Why mapped_file::data returns char* instead of void*

Question

Or even better a template <T*>?

In case the memory mapped file contains a sequence of 32 bit integers, if data() returned a void*, we could be able to static cast to std::uint32_t directly.

Why did boost authors choose to return a char* instead?

EDIT: as pointed out, in case portability is an issue, a translation is needed. But saying that a file (or a chunk of memory in this case) is a stream of bytes more than it is a stream of bits, or of IEEE754 doubles, or of complex data structures, seems to me a very broad statement that needs some more explanation.

Even having to handle endianness, being able to directly map to a vector of be_uint32_t as suggested (and as implemented here) would make the code much more readable:

struct be_uint32_t {
  std::uint32_t raw;
  operator std::uint32_t() { return ntohl(raw); }
};

static_assert(sizeof(be_uint32_t)==4, "POD failed");

Is it allowed/advised to cast to a be_uint32_t*? Why, or why not?
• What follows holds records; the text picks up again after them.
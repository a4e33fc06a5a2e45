//! What may be asked of one input.

/// What may be asked of one input: of a model text or of an object.
#[derive(Clone, Copy, PartialEq, Eq)]
pub enum Request {
    /// What object a model text becomes.
    Asm,
    /// Whether an object is accepted.
    Check,
    /// What an object's run reports.
    Run {
        /// The one seed of the seed list; 0 means the object's own seeds.
        seed: u32,
        /// The termination count; 0 means the object's own.
        count: u64,
    },
}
Which kind of cast should be used?

EDIT2: Since it seems difficult to get to the point instead of discussing weather the memory model of an elaborator is made of bits, bytes or words I will rephrase giving an example:

#include <cstdint>
#include <memory>
#include <vector>
#include <iostream>
#include <boost/iostreams/device/mapped_file.hpp>

struct entry {
  std::uint32_t a;
  std::uint64_t b;
} __attribute__((packed)); /* compiler specific, but supported 
                              in other ways by all major compilers */

static_assert(sizeof(entry) == 12, "entry: Struct size mismatch");
static_assert(offsetof(entry, a) == 0, "entry: Invalid offset for a");
static_assert(offsetof(entry, b) == 4, "entry: Invalid offset for b");

int main(void) {
  boost::iostreams::mapped_file_source mmap("map");
  assert(mmap.is_open());
  const entry* data_begin = reinterpret_cast<const entry*>(mmap.data());
  const entry* data_end = data_begin + mmap.size()/sizeof(entry);
  for(const entry* ii=data_begin; ii!=data_end; ++ii)
    std::cout << std::hex << ii->a << " " << ii->b << std::endl;
  return 0;
}

Given that the map file contains the bit expected in the correct order, is there any other reason to avoid using the reinterpret_cast to use my virtual memory without copying it first?

If there is not, why force the user to do a reinterpret_cast by returning a typed pointer?

Please answer all the questions for bonus points :)

Answer 1

In case the memory mapped file contains a sequence of 32 bit integers, if data() returned a void*, we could be able to static cast to std::uint32_t directly.

No, not really. You still have to consider (if nothing else) endianness. This "one step conversion" idea would lead you into a false sense of security. You're forgetting about an entire layer of translation between the bytes in the file and the 32-bit integer you want to get into your program. Even when that translation happens to be a no-op on your present system and for a given file, it's still a translation step.

It's much better to get an array of bytes (literally what a char* points to!) then you know you have to do some thinking to ensure that your pointer conversion is valid and that you are performing whatever other work is required.

Answer 2

char* represents array of raw bytes, which is what mapped_file::data is in most general case.

void* would be misleading as it provides less information about the contained type and requires more setup to work with then char* - we know that file contents are some bytes, which char* represents.

Template return type would require conversion to that type be performed inside the library, while it makes more sense to do that on the caller side (since library just provides an interface to raw file contents, and the caller knows specifically what those contents are).

Answer 3

Returning a char * seems to be just a (peculiar) design decision of boost::iostreams implementation.

Other APIs like e.g. the boost interprocess return void*.

As observed by sehe the UNIX mmap specification (and malloc) use void* as well.

It is somewhat a duplicate of void* or char* for generic buffer representation?

As a note of caution the layer of translation mentioned by Lightness in another answer may be needed when the memory is written from one architecture and read on a different one. Endianness is easy to solve using a conversion type, but alignment need to be considered as well.

About static cast: http://en.cppreference.com/w/cpp/language/static_cast mentions:

A prvalue of type pointer to void (possibly cv-qualified) can be converted to pointer to any type. If the value of the original pointer satisfies the alignment requirement of the target type, then the resulting pointer value is unchanged, otherwise it is unspecified. Conversion of any pointer to pointer to void and back to pointer to the original (or more cv-qualified) type preserves its original value.

So if the file to be memory mapped was created on a different architecture with a different alignment, the loading may fail (e.g. with a SIGBUS) depending on the architecture and the OS.